→ TASK OBJECTIVE:
Return each line of the listing that has the word "bool" in it.

EXTRACTED MATERIAL below:

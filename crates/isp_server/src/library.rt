//! The functions of the library with their signatures.
ghost use Rattle.std.specs.Prelude.{◌≡◌, ◌↔◌, ℕ, List, IsTrue, Some, bytes_eq, is_some, option_map, slice_get};
ghost use Rattle.std.specs.List.{list_any};
ghost use Rattle.isp_exprs.specs.Callees.{library_named};
ghost use Rattle.isp_server.specs.Library.{signatures};
ghost use Rattle.isp_server.specs.reader.Signatures.{signature_view};

/// A function of the library.
#[derive(Clone, Copy)]
pub(crate) struct Signature {
    pub name: &'static str,
    /// Its signature, as a reader sees it.
    pub text: &'static str,
}

fn some(name: &'static str, text: &'static str) -> Option<Signature>
    ensures { option_map signature_view result ≡ Some (name.now, text.now) }
{
    Some(Signature { name, text })
}

/// The function of the library that has this number in the table.
#[tactic(auto, unfolding(crate::specs::Library::signatures))]
pub(crate) fn library_entry(number: usize) -> Option<Signature>
    ensures { option_map signature_view result ≡ slice_get signatures number }
{
    match number {
        0 => some(
            "reduce_add",
            "uniform T reduce_add(varying T x), T of twice the width in the result",
        ),
        1 => some("reduce_min", "uniform T reduce_min(varying T x)"),
        2 => some("reduce_max", "uniform T reduce_max(varying T x)"),
        3 => some("reduce_equal", "uniform bool reduce_equal(varying T x)"),
        4 => some("any", "uniform bool any(varying bool x)"),
        5 => some("all", "uniform bool all(varying bool x)"),
        6 => some("none", "uniform bool none(varying bool x)"),
        7 => some(
            "exclusive_scan_add",
            "varying T exclusive_scan_add(varying T x)",
        ),
        8 => some(
            "exclusive_scan_and",
            "varying T exclusive_scan_and(varying T x)",
        ),
        9 => some(
            "exclusive_scan_or",
            "varying T exclusive_scan_or(varying T x)",
        ),
        10 => some(
            "broadcast",
            "varying T broadcast(varying T x, uniform int32 i)",
        ),
        11 => some("rotate", "varying T rotate(varying T x, uniform int32 k)"),
        12 => some("shift", "varying T shift(varying T x, uniform int32 k)"),
        13 => some(
            "shuffle",
            "varying T shuffle(varying T x, [varying T y,] varying int32 p)",
        ),
        14 => some("extract", "uniform T extract(varying T x, uniform int32 i)"),
        15 => some(
            "insert",
            "varying T insert(varying T x, uniform int32 i, uniform T v)",
        ),
        16 => some(
            "packed_store_active",
            "uniform int32 packed_store_active(uniform T base[], varying T x)",
        ),
        17 => some(
            "packed_load_active",
            "uniform int32 packed_load_active(uniform T base[], varying T &x)",
        ),
        18 => some("min", "T min(T x, T y)"),
        19 => some("max", "T max(T x, T y)"),
        20 => some("clamp", "T clamp(T x, T low, T high)"),
        21 => some("abs", "T abs(T x)"),
        22 => some("select", "T select(bool c, T x, T y)"),
        _ => None,
    }
}

/// A law: the table has the names of the library's functions, and no others.
pub fn library_law()
    ensures { (name : List ℕ) → is_some (library_named name) ≡ list_any (λ s. bytes_eq s.0 name) signatures }
{}
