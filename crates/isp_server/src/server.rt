//! The state of a connection, and what a message does to it.
ghost use Rattle.std.specs.Prelude.{◌≡◌, [], ◌∷◌, ℕ, List, IfOk, OnErr, OnOk, Some, None, bytes_eq, map, option_map, if◌then◌else◌};
ghost use Rattle.serde_json.specs.View.{view};
ghost use Rattle.isp_server.specs.Texts.{text_in};

use crate::asked::deed_of;
use crate::completion::completion;
use crate::deed::{Deed, Document, Place};
use crate::diagnostics::diagnostics;
use crate::phase::Phase;
use crate::question::Question;
use crate::refusal::Refusal;
use crate::renaming::renaming;
use crate::sent::{answer, introduction, published, refused};
use crate::told::told;
use isp_base::Gang;
use serde_json::Value;
use std::alloc::{AllocError, Global};
use std::collections::BTreeMap;

/// Whether the server goes on after a message.
#[derive(Clone, Copy, Debug, PartialEq, Eq)]
pub enum Next {
    GoOn,
    /// The process ends with this status: 0 after `shutdown`, else 1.
    End(u8),
}

/// What is sent after a message, in this order.
#[derive(Drop)]
pub struct Reply {
    pub messages: Vec<Value>,
    pub next: Next,
}

/// One connection: how far it has come, and the texts of the open documents by URI.
#[derive(Drop)]
pub struct Server {
    gang: Gang,
    version: &'static str,
    pub(crate) phase: Phase,
    documents: BTreeMap<String, String>,
}

fn one(alloc: Global, message: Value) -> Result<Reply, AllocError>
    ensures messages { IfOk result (λ reply. map view reply.messages.items ≡ view message ∷ []) }
    ensures next { IfOk result (λ reply. reply.next ≡ Next.GoOn) }
{
    Ok(Reply {
        messages: vec![in alloc; message]?,
        next: Next::GoOn,
    })
}

fn none(alloc: Global, next: Next) -> Reply
    ensures messages { map view result.messages.items ≡ [] }
    ensures next { result.next ≡ next }
{
    Reply {
        messages: Vec::new(alloc),
        next,
    }
}

// The text is kept under its URI.
fn keep(
    alloc: Global,
    documents: &mut BTreeMap<String, String>,
    document: Document<'_>,
) -> Result<(), AllocError>
    ensures ok { OnOk result ((name : List ℕ) → text_in documents.new name
        ≡ (if bytes_eq document.entry.uri.now name then Some document.entry.text.now else text_in documents.old name)) }
    ensures err { OnErr result ((name : List ℕ) → text_in documents.new name ≡ text_in documents.old name) }
{
    let uri = String::from_str(alloc, document.uri)?;
    let text = String::from_str(alloc, document.text)?;
    match documents.insert(uri, text) {
        Ok(_) => Ok(()),
        Err(_) => Err(AllocError),
    }
}

fn forget(documents: &mut BTreeMap<String, String>, uri: &str)
    ensures { (name : List ℕ) → text_in documents.new name
        ≡ (if bytes_eq uri.now name then None else text_in documents.old name) }
{
    documents.remove(uri);
}

impl Server {
    ghost use Rattle.isp_server.specs.Connections.{Does, Goes, IsFresh, Stays, connection_of, is_open, status_of};
    ghost use Rattle.isp_server.specs.Deeds.{complete, hold, introduce, refuse, release, rename, shut_down, tell};
    ghost use Rattle.isp_server.specs.reader.Views.{deed_view, id_view, place_view};

    /// A connection on which nothing has come. Texts are judged for a gang of this size, and `initialize` is told this version.
    pub fn new(alloc: Global, gang: Gang, version: &'static str) -> Server
        ensures { IsFresh gang version.now (connection_of result) }
    {
        Server {
            gang,
            version,
            phase: Phase::Fresh,
            documents: BTreeMap::new(alloc),
        }
    }

    /// Whether a document is open.
    pub fn is_open(&self, uri: &str) -> bool
        ensures { result ≡ is_open (connection_of self.now) uri.now }
    {
        self.documents.contains_key(uri)
    }

    /// Takes the content of one message, and says what is sent after it. Where memory is refused, nothing has changed.
    pub fn answer(&mut self, alloc: Global, content: &[u8]) -> Result<Reply, AllocError>
        ensures ok { IfOk result (λ reply. Goes (connection_of self.old) content.now (connection_of self.new) (map view reply.messages.items) reply.next) }
        ensures err { OnErr result (Stays (connection_of self.old) (connection_of self.new)) }
    {
        match Value::from_slice(alloc, content) {
            Ok(message) => {
                let deed = deed_of(self, &message);
                self.act(alloc, deed)
            }
            Err(error) => {
                if error.is_memory() {
                    return Err(AllocError);
                }
                self.act(alloc, Deed::Refuse(None, Refusal::ParseError))
            }
        }
    }

    fn act(&mut self, alloc: Global, deed: Deed<'_>) -> Result<Reply, AllocError>
        ensures ok { IfOk result (λ reply. Does (deed_view deed.entry) (connection_of self.old) (connection_of self.new) (map view reply.messages.items) reply.next) }
        ensures err { OnErr result (Stays (connection_of self.old) (connection_of self.new)) }
    {
        match deed {
            Deed::Refuse(id, why) => self.refuse(alloc, id, why),
            Deed::Introduce(id) => self.introduce(alloc, id),
            Deed::ShutDown(id) => self.shut_down(alloc, id),
            Deed::Tell(id, question, at) => self.tell(alloc, id, question, at),
            Deed::Complete(id, at) => self.complete(alloc, id, at),
            Deed::Rename(id, at, name) => self.rename(alloc, id, at, name),
            Deed::Hold(document) => self.hold(alloc, document),
            Deed::Release(uri) => self.release(alloc, uri),
            Deed::Leave => Ok(none(alloc, Next::End(self.status()))),
            Deed::Ignore => Ok(none(alloc, Next::GoOn)),
        }
    }

    fn refuse(&self, alloc: Global, id: Option<&Value>, why: Refusal) -> Result<Reply, AllocError>
        ensures { IfOk result (λ reply. Does (refuse (id_view id.entry) why) (connection_of self.now) (connection_of self.now) (map view reply.messages.items) reply.next) }
    {
        let answer = refused(alloc, id, why)?;
        let reply = one(alloc, answer)?;
        Ok(reply)
    }

    fn introduce(&mut self, alloc: Global, id: &Value) -> Result<Reply, AllocError>
        ensures ok { IfOk result (λ reply. Does (introduce (view id.now)) (connection_of self.old) (connection_of self.new) (map view reply.messages.items) reply.next) }
        ensures err { OnErr result (Stays (connection_of self.old) (connection_of self.new)) }
    {
        let introduction = introduction(alloc, self.version)?;
        let reply = one(alloc, answer(alloc, id, introduction)?)?;
        self.phase = Phase::Running;
        Ok(reply)
    }

    fn shut_down(&mut self, alloc: Global, id: &Value) -> Result<Reply, AllocError>
        ensures ok { IfOk result (λ reply. Does (shut_down (view id.now)) (connection_of self.old) (connection_of self.new) (map view reply.messages.items) reply.next) }
        ensures err { OnErr result (Stays (connection_of self.old) (connection_of self.new)) }
    {
        let reply = one(alloc, answer(alloc, id, Value::Null)?)?;
        self.phase = Phase::ShutDown;
        Ok(reply)
    }

    fn tell(
        &self,
        alloc: Global,
        id: &Value,
        question: Question,
        at: Place<'_>,
    ) -> Result<Reply, AllocError>
        ensures { IfOk result (λ reply. Does (tell (view id.now) question (place_view at.entry)) (connection_of self.now) (connection_of self.now) (map view reply.messages.items) reply.next) }
    {
        let text = self.text_of(at.uri);
        let said = told(alloc, self.gang, text, question, at)?;
        let reply = one(alloc, answer(alloc, id, said)?)?;
        Ok(reply)
    }

    fn complete(&self, alloc: Global, id: &Value, at: Place<'_>) -> Result<Reply, AllocError>
        ensures { IfOk result (λ reply. Does (complete (view id.now) (place_view at.entry)) (connection_of self.now) (connection_of self.now) (map view reply.messages.items) reply.next) }
    {
        let text = self.text_of(at.uri);
        let said = completion(alloc, text, at)?;
        let reply = one(alloc, answer(alloc, id, said)?)?;
        Ok(reply)
    }

    fn rename(
        &self,
        alloc: Global,
        id: &Value,
        at: Place<'_>,
        name: &str,
    ) -> Result<Reply, AllocError>
        ensures { IfOk result (λ reply. Does (rename (view id.now) (place_view at.entry) name.now) (connection_of self.now) (connection_of self.now) (map view reply.messages.items) reply.next) }
    {
        let text = self.text_of(at.uri);
        let message = renaming(alloc, self.gang, id, text, at, name)?;
        let reply = one(alloc, message)?;
        Ok(reply)
    }

    // The text of a document, if it is open.
    fn text_of(&self, uri: &str) -> Option<&str>
        ensures { option_map (λ t. t.now) result ≡ text_in self.now.documents uri.now }
    {
        match self.documents.get(uri) {
            Some(text) => Some(text.as_str()),
            None => None,
        }
    }

    fn hold(&mut self, alloc: Global, document: Document<'_>) -> Result<Reply, AllocError>
        ensures ok { IfOk result (λ reply. Does (hold document.entry.uri.now document.entry.text.now) (connection_of self.old) (connection_of self.new) (map view reply.messages.items) reply.next) }
        ensures err { OnErr result (Stays (connection_of self.old) (connection_of self.new)) }
    {
        let found = diagnostics(alloc, self.gang, document.text)?;
        let reply = one(alloc, published(alloc, document.uri, found)?)?;
        keep(alloc, &mut self.documents, document)?;
        Ok(reply)
    }

    fn release(&mut self, alloc: Global, uri: &str) -> Result<Reply, AllocError>
        ensures ok { IfOk result (λ reply. Does (release uri.now) (connection_of self.old) (connection_of self.new) (map view reply.messages.items) reply.next) }
        ensures err { OnErr result (Stays (connection_of self.old) (connection_of self.new)) }
    {
        let reply = one(alloc, published(alloc, uri, Vec::new(alloc))?)?;
        forget(&mut self.documents, uri);
        Ok(reply)
    }

    // The exit status.
    fn status(&self) -> u8
        ensures { result ≡ status_of self.now.phase }
    {
        match self.phase {
            Phase::ShutDown => 0,
            Phase::Fresh | Phase::Running => 1,
        }
    }
}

End of EXTRACTED MATERIAL.

→ ANSWER TO THIS TASK:
        3 => some("reduce_equal", "uniform bool reduce_equal(varying T x)"),
        4 => some("any", "uniform bool any(varying bool x)"),
        5 => some("all", "uniform bool all(varying bool x)"),
        6 => some("none", "uniform bool none(varying bool x)"),
        22 => some("select", "T select(bool c, T x, T y)"),
    pub fn is_open(&self, uri: &str) -> bool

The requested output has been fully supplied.